According to Dr. Arnon-Ohanna, the aforementioned Palestinian documents shed light on the fragmentation of the Arab society west of the Jordan River.  Thus, the mountain Arabs in Judea, Samaria (West Bank) and the Galilee have demonstrated a relative cohesion, socially, ethnically, culturally, politically and historically.  On the other hand, the coastal plains Arabs have exhibited a relatively feeble social structure, recently immigrating from Muslim areas, as evidenced by the names of major clans.

For example, the al Mughrabi clan immigrated from North Africa (Algeria), al Turki from Turkey, al Ajami from Iran, al Kurdi from Kurdistan, al Iraqi from Iraq, al Hindi from India, al Masri from Egypt, Masrawi from Egypt, Abu Kishk from Egypt, Haurani from Syria, Bushnak from Bosnia, Habash from Ethiopia, Yamani from Yemen, Turkmen from Turkmenistan and the Caucasus, Hawari from north Sudan, etc.

While most of the mountain Arabs remained in their homes during the 1948/49 war, most coastal plains Arabs – the lion share of whom migrated to the area during the 19th and early 20th centuries – left their homes. In fact, many of the coastal Arabs left their homes before the eruption of the war and during its initial stage, when the invading Arab military forces and the local Arabs had the upper hand.

The (mostly coastal plains) Arabs who left their homes are referred to as al-Kharj (“Outside”) and the (mostly mountain) Arabs who stayed intact are referred to as al-Dakhil (“Inside”).

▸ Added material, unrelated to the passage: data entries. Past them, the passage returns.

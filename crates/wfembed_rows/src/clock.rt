//! The clock: each tick composes both contexts, and then shows the port.

ghost use Rattle.std.specs.Prelude.{◌≡◌, IfSome, IsTrue, option_map};
ghost use Rattle.wf_calls.specs.Parts.{is_begin};
ghost use Rattle.wf_calls.specs.Places.{job_in};
ghost use Rattle.wf_calls.specs.Requests.{call_of};
ghost use Rattle.wf_machine.specs.Object.{IsPaintable};
ghost use Rattle.wf_model.specs.Picture.{painted_job};

use crate::ends::{Stop, value_of};
use std::thread::Threads;
use wf_calls::{Answer, Job, JobPlace, Request};
use wf_kernel::picture_rows;
use wf_machine::Machine;

/// The number under which the clock makes its calls.
const CLOCK: u8 = 0;

/// How many contexts are live at most.
const CONTEXTS: u32 = 16;

/// How many workers paint a frame at most. A small picture has fewer.
const WORKERS: u32 = 4;

/// Composes a frame of each active context of `machine` with threads of `rt`, by rising handles: so the context of the screen, which is
/// the second, shows what the one off the screen composed just before it. Each frame stands in `place` from its Begin to its End.
pub(crate) fn compose<R: Threads + Sync>(
    rt: &R,
    machine: &mut Machine,
    place: &mut JobPlace,
) -> Result<(), Stop> {
    let mut after = 0;
    for _ in 0..CONTEXTS {
        // The active context with the least handle above `after`, or the value 0 where there is none left.
        after = begin_painted(rt, machine, place, &Request::BeginNext { after })?;
        end(machine, place)?;
        if after == 0 {
            break;
        }
    }
    Ok(())
}

/// Begins a frame of port 1 of `machine`, and leaves it in `place`, painted with threads of `rt`.
pub(crate) fn begin_port<R: Threads + Sync>(
    rt: &R,
    machine: &mut Machine,
    place: &mut JobPlace,
) -> Result<(), Stop> {
    begin_painted(rt, machine, place, &Request::BeginPort { port: 1 })?;
    Ok(())
}

/// Ends the frame of `machine` that stands in `place`, if one does. Its picture goes to the stream that its context draws into.
pub(crate) fn end(machine: &mut Machine, place: &mut JobPlace) -> Result<(), Stop> {
    if place.is_held() {
        value_of(machine.end(CLOCK, place))?;
    }
    Ok(())
}

/// Begins a frame of `machine` in `place` by `request`, paints it with threads of `rt` where one comes, and returns the value of the
/// answer.
fn begin_painted<R: Threads + Sync>(
    rt: &R,
    machine: &mut Machine,
    place: &mut JobPlace,
    request: &Request,
) -> Result<u32, Stop>
    requires { IsTrue (is_begin (call_of request.now)) }
{
    let answer = begin(machine, place, request);
    paint_held(rt, place);
    value_of(answer)
}

/// Begins a frame of `machine` by `request`. What stands in `place` then can be painted.
fn begin(machine: &mut Machine, place: &mut JobPlace, request: &Request) -> Answer
    requires { IsTrue (is_begin (call_of request.now)) }
    ensures { IfSome (job_in place.new) IsPaintable }
{
    // A place that is given to a Begin is empty, so no Job is lost.
    place.clear();
    let answer = machine.begin(CLOCK, request, place);
    if !answer.code.is_ok() {
        place.clear();
    }
    answer
}

/// Paints the frame that stands in `place` with threads of `rt`, if one does.
fn paint_held<R: Threads + Sync>(rt: &R, place: &mut JobPlace)
    requires { IfSome (job_in place.old) IsPaintable }
    ensures { job_in place.new ≡ option_map painted_job (job_in place.old) }
{
    if place.is_held() {
        paint(rt, place.job_mut());
    }
}

/// Paints the picture of `job`, with threads of `rt`.
fn paint<R: Threads + Sync>(rt: &R, job: &mut Job)
    requires { IsPaintable job.old }
    ensures { job.new ≡ painted_job job.old }
{
    picture_rows(rt, WORKERS, &job.scene, &job.contents, &mut job.image);
}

The coastal/outside 1948 Arabs constitute the leadership and most of the rank and file of the PLO, Hamas and the Palestinian Authority. They claim “the right of return” to the 1948 territory, which is the pre-1967 area of Israel.  “Cleansing the 1948 land of the Zionist presence” is the focal point of the Palestinian ethos, as highlighted by the Palestinian school curriculum, media, religious sermons and the 1959 and 1964 Fatah and PLO covenants (eight years and three years before the 1967 war).

Contrary to conventional wisdom, the core concern of the Palestinians is not the 1967 – but the 1948 – “occupation;” not peaceful coexistence with – but without – Israel; not the size – but the elimination – of Israel.